Of all the horrible things that Nazi Germany showed the world, perhaps the saddest was summed up by the Reverend Martin Niemoller in 1945 when he wrote:

First they came for the Communists, and I didn't speak up, because I wasn't a Communist. Then they came for the Jews, and I didn't speak up, because I wasn't a Jew. Then they came for the Catholics, and I didn't speak up, because I was a Protestant. Then they came for me, and by that time there was no one left to speak up for me.

In just a few sentences, Rev. Niemoller conveyed the tragedy of those whose own fear or apathy permits the destruction of things and lives others hold dear even as the eventual destruction of all they themselves love becomes more inevitable with precedent.
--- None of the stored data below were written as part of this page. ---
// Lines and columns.
ghost use Rattle.std.specs.Prelude.{◌≡◌, ◌≤◌, length, take};
ghost use Rattle.il_text.specs.Places.{spot_after};

use crate::place::Spot;

/// The place of a byte of a text, or of its end: the line and the column of the byte at this offset.
pub fn spot(text: &[u8], offset: u32) -> Spot
    requires inside { offset ≤ length text.now }
    requires short { offset ≤ 4194304 }
    ensures { result ≡ spot_after (take offset text.now) }
{
    let (before, _) = text.split_at(offset as usize);
    let mut line = 1;
    let mut column = 1;
    for b in before {
        if *b == b'\n' {
            line += 1;
            column = 1;
        } else {
            column += 1;
        }
    }
    Spot { line, column }
}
In looking back some 60-odd years, I doubt there are any who would suggest that that the Nazi government offered its citizens too many good things. To be sure, as the saying goes, "Hindsight is 20/20." At the same time, we're supposed to be learning from the lessons of the past, and few lessons are clearer than those of Hitler's regime. That's why I cringe whenever I hear people say things like, "Well, if you don't have anything to hide..." or "Well, if it keeps us safer..."

Following the 1919 signing of the Treaty of Versailles, Germany's Weimar Republic instituted strict gun control, including registration, in part to comply with the treaty. While there are some who claim that it was this statute that allowed Hitler to take such draconian steps as he later did, this is not strictly true. In fact, it was the Nazi government that passed legislation relaxing some of the earlier gun control laws. The problem was that, along with making it easier for law-abiding German citizens to obtain and keep firearms, the 1938 law also prohibited certain "enemies" of the German state from having guns. Among those named as "enemies" were Jews. Using earlier registration lists to confiscate the formerly lawfully owned weapons from Jews, the almost immediate follow-up was the German officials' infamous Kristallnacht attack on Jews and Jewish-owned businesses.
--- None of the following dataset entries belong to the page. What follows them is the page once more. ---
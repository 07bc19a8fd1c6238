// Branches. ECMA-335, Partition III.
ghost use Rattle.std.specs.Prelude.{◌≡◌, [], length};
ghost use Rattle.cil_meaning.specs.Branches.{is_taken};
ghost use Rattle.unshared.specs.Forms.{the_comparison};
ghost use Rattle.unshared.specs.Branched.{jumps_if, jumps_where, jumps_by, chooses, leaves};
ghost use Rattle.unshared.specs.Going.{did, Keeps};
ghost use Rattle.unshared.specs.Silent.{Gives};

use crate::arithmetic::{compares, one_word};
use crate::frames::{Done, Frames};
use crate::numbers::Comparison;
use crate::operands::{is_int32, is_struct};
use crate::pause::{Halt, Pause};

// Goes to the target, or else on to the next instruction.
fn jumps_if(frames: &mut Frames, is_taken: bool, to: u32, taken: usize) -> Result<Done, Pause>
    ensures acts { Gives (did frames.new) (Ok (jumps_if frames.old is_taken to taken)) result }
    ensures kept { Keeps result frames.old frames.new }
{
    if is_taken {
        Ok(frames.jumps(to, taken)?)
    } else {
        Ok(frames.drops(taken)?)
    }
}

// Whether a word is true, or false: false is zero and null.
fn is_taken(is_true: bool, word: u64) -> bool
    ensures { result ≡ is_taken is_true word }
{
    if is_true { word != 0 } else { word == 0 }
}

/// Where the word on top is true, or false.
#[tactic(auto, unfolding(crate::specs::Branched::jumps_where))]
pub(crate) fn jumps_where(frames: &mut Frames, is_true: bool, to: u32) -> Result<Done, Pause>
    ensures acts { Gives (did frames.new) (jumps_where is_true to frames.old) result }
    ensures kept { Keeps result frames.old frames.new }
{
    let (kind, word) = one_word(frames)?;
    if is_struct(kind) {
        return Err(Pause::Halts(Halt::Stuck));
    }
    Ok(jumps_if(frames, is_taken(is_true, word), to, 1)?)
}

/// By a comparison.
#[tactic(auto, unfolding(crate::specs::Branched::jumps_by))]
pub(crate) fn jumps_by(frames: &mut Frames, form: Comparison, to: u32) -> Result<Done, Pause>
    ensures acts { Gives (did frames.new) (jumps_by (the_comparison form) to frames.old) result }
    ensures kept { Keeps result frames.old frames.new }
{
    let is_so = compares(frames, form)?;
    Ok(jumps_if(frames, is_so, to, 2)?)
}

/// To the target whose number is on top, as unsigned; past the table it goes on.
#[tactic(auto, unfolding(crate::specs::Branched::chooses))]
pub(crate) fn chooses(frames: &mut Frames, targets: &[u32]) -> Result<Done, Pause>
    ensures acts { Gives (did frames.new) (chooses targets.now frames.old) result }
    ensures kept { Keeps result frames.old frames.new }
{
    let (kind, word) = one_word(frames)?;
    if !is_int32(kind) {
        return Err(Pause::Halts(Halt::Stuck));
    }
    match targets.get(word as usize) {
        Some(to) => Ok(frames.jumps(*to, 1)?),
        None => Ok(frames.drops(1)?),
    }
}

/// Always, with an empty stack.
pub(crate) fn leaves(frames: &mut Frames, to: u32) -> Result<Done, Pause>
    ensures acts { Gives (did frames.new) (Ok (leaves to frames.old)) result }
    ensures kept { Keeps result frames.old frames.new }
{
    let depth = frames.top.stack.len();
    Ok(frames.jumps(to, depth)?)
}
Today, there are those who would urge registration—and localized areas which require registration already—in the guise of preventing gun crime. The reality, of course, has resulted in such strictly controlled access to firearms causing some of the highest crime rates in the country in cities like Chicago, New York, and Washington DC. But gun control advocates frequently ignore such facts and suggest instead that law abiding citizens who intend no harm with their legally purchased guns shouldn't have any problems registering them. I would guess that almost all of the Jews in Germany were law-abiding citizens, and that those who had guns had purchased them lawfully. But because they also complied with the laws demanding registration, the list was immediately available to enable Nazi officials to collect them up thus rendering them utterly defenseless for what followed.

In Nazi Germany, if people wanted to travel, they needed to have their identity papers as well as a permit to travel. These documents were checked frequently during the course of their route. Those who didn't have the papers, or who were discovered to have forgeries, faced very real and draconian consequences. Border crossings, of course, required special permissions from the government, and those of certain religious persuasions (read "Jewish") were lucky if they managed to escape the confines of the country at all.
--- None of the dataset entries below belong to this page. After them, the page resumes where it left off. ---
// Values and managed pointers, as a thread's frames hold them.
ghost use Rattle.std.specs.Prelude.{◌≡◌, ◌+◌, [], ◌∷◌, IfOk, IfSome};
ghost use Rattle.cil_meaning.specs.Values.{Int32, Reference, Plain as MeantPlain, shifted};
ghost use Rattle.unshared.specs.Forms.{the_kind, the_pointer, the_value};
ghost use Rattle.unshared.specs.Kept.{kind_in};

use mn_outside::NoMemory;
use std::alloc::Global;

/// What an instruction sees of a value's type. Bool is an int32 on the stack. After ECMA-335, Partition I.
#[derive(Clone, Copy, PartialEq, Eq)]
pub(crate) enum Kind {
    Int32,
    Int64,
    Native,
    Reference,
    Struct,
}

/// A managed pointer: null; a word of a place of the frame at a level; a word of the struct that the frame at a level has
/// built; a word of an object; a static word of the type with a number.
#[derive(Clone, Copy, PartialEq, Eq)]
pub(crate) enum Pointer {
    Null,
    InFrame { level: u32, place: u32, word: u32 },
    InFresh { level: u32, word: u32 },
    InObject { object: u32, index: u32 },
    InStatic { kind: u32, index: u32 },
}

/// A value: one word or many, with their kind, or a managed pointer.
#[derive(Drop)]
pub(crate) enum Value {
    Word(Kind, u64),
    Words(Kind, Vec<u64>),
    Managed(Pointer),
}

impl Value {
    pub(crate) fn int32(word: u64) -> Value
        ensures { the_value result ≡ MeantPlain Int32 (word ∷ []) }
    {
        Value::Word(Kind::Int32, word)
    }

    pub(crate) fn reference(word: u64) -> Value
        ensures { the_value result ≡ MeantPlain Reference (word ∷ []) }
    {
        Value::Word(Kind::Reference, word)
    }

    /// Its kind; of a pointer that of a struct, which nobody asks for.
    pub(crate) fn kind(&self) -> Kind
        ensures { the_kind result ≡ kind_in (the_value self.now) }
    {
        match self {
            Value::Word(kind, _) => *kind,
            Value::Words(kind, _) => *kind,
            Value::Managed(_) => Kind::Struct,
        }
    }

    /// A copy.
    pub(crate) fn copied(&self, alloc: Global) -> Result<Value, NoMemory>
        ensures { IfOk result (λ copy. the_value copy ≡ the_value self.now) }
    {
        match self {
            Value::Word(kind, word) => Ok(Value::Word(*kind, *word)),
            Value::Words(kind, words) => match words.as_slice().to_vec(alloc) {
                Ok(copy) => Ok(Value::Words(*kind, copy)),
                Err(_) => Err(NoMemory),
            },
            Value::Managed(pointer) => Ok(Value::Managed(*pointer)),
        }
    }
}

// The one word of a list that has one.
fn single(words: &[u64]) -> Option<u64>
    ensures { IfSome result (λ word. words.now ≡ word ∷ []) }
{
    match words {
        [word] => Some(*word),
        _ => None,
    }
}

/// A value of a kind with these words.
pub(crate) fn value_of(kind: Kind, words: Vec<u64>) -> Value
    ensures { the_value result ≡ MeantPlain (the_kind kind) words.items }
{
    match single(words.as_slice()) {
        Some(word) => Value::Word(kind, word),
        None => Value::Words(kind, words),
    }
}

/// The pointer so many words on.
pub(crate) fn shifted(pointer: Pointer, words: u32) -> Result<Pointer, NoMemory>
    ensures { IfOk result (λ after. the_pointer after ≡ shifted (the_pointer pointer) words) }
{
    match pointer {
        Pointer::Null => Ok(Pointer::Null),
        Pointer::InFrame { level, place, word } => Ok(Pointer::InFrame {
            level,
            place,
            word: sum(word, words)?,
        }),
        Pointer::InFresh { level, word } => Ok(Pointer::InFresh {
            level,
            word: sum(word, words)?,
        }),
        Pointer::InObject { object, index } => Ok(Pointer::InObject {
            object,
            index: sum(index, words)?,
        }),
        Pointer::InStatic { kind, index } => Ok(Pointer::InStatic {
            kind,
            index: sum(index, words)?,
        }),
    }
}

/// The sum of two numbers of words. What passes 32 bits is want of memory.
pub(crate) fn sum(first: u32, second: u32) -> Result<u32, NoMemory>
    ensures { IfOk result (λ sum. sum ≡ first + second) }
{
    match first.checked_add(second) {
        Some(sum) => Ok(sum),
        None => Err(NoMemory),
    }
}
Today, we're essentially numbed to the requirement for identity papers of our own. We get driver's licenses without a second thought, and present them on request (those of us who refuse are, according to the Supreme Court, unreasonable at best and liable for criminal charges to boot). We seem to think that drunk driving checkpoints are okay as long as they have the potential to keep us any safer (and the Supreme Court has said that such checkpoints aren't a violation of our Fourth Amendment rights, so we'd best play along). And heaven forbid you might actually travel to another country for an "unapproved" reason! Several New York City students learned that lesson to their own chagrin when they returned from an Islamic conference in Canada. Despite being able to demonstrate their citizenship and being entirely cooperative with the authorities, they were held, fingerprinted, and questioned for more than six hours.

It's simple enough to say that you don't drive drunk, so the checkpoints are fine with you. But the fact that the majority of us seem sanguine where drunk driving checkpoints are concerned—and that the Supreme Court seems inclined to think they're okay—has resulted in the impaired driving checkpoint (searching for any kind of illicit substance), the "you'd better be wearing a seatbelt, it's for your own good" checkpoint, as well as the random "we're just looking for witnesses" checkpoint. And, of course, once your vehicle is stopped and you effectively consent for a search, pretty much anything is fair game as far as the police are concerned except, of course, your Fourth and Fifth Amendment rights. And woe to you if you don't consent to a search. I've personally seen the the police at what is ostensibly a drunk driving checkpoint cull such vehicles out for further investigation.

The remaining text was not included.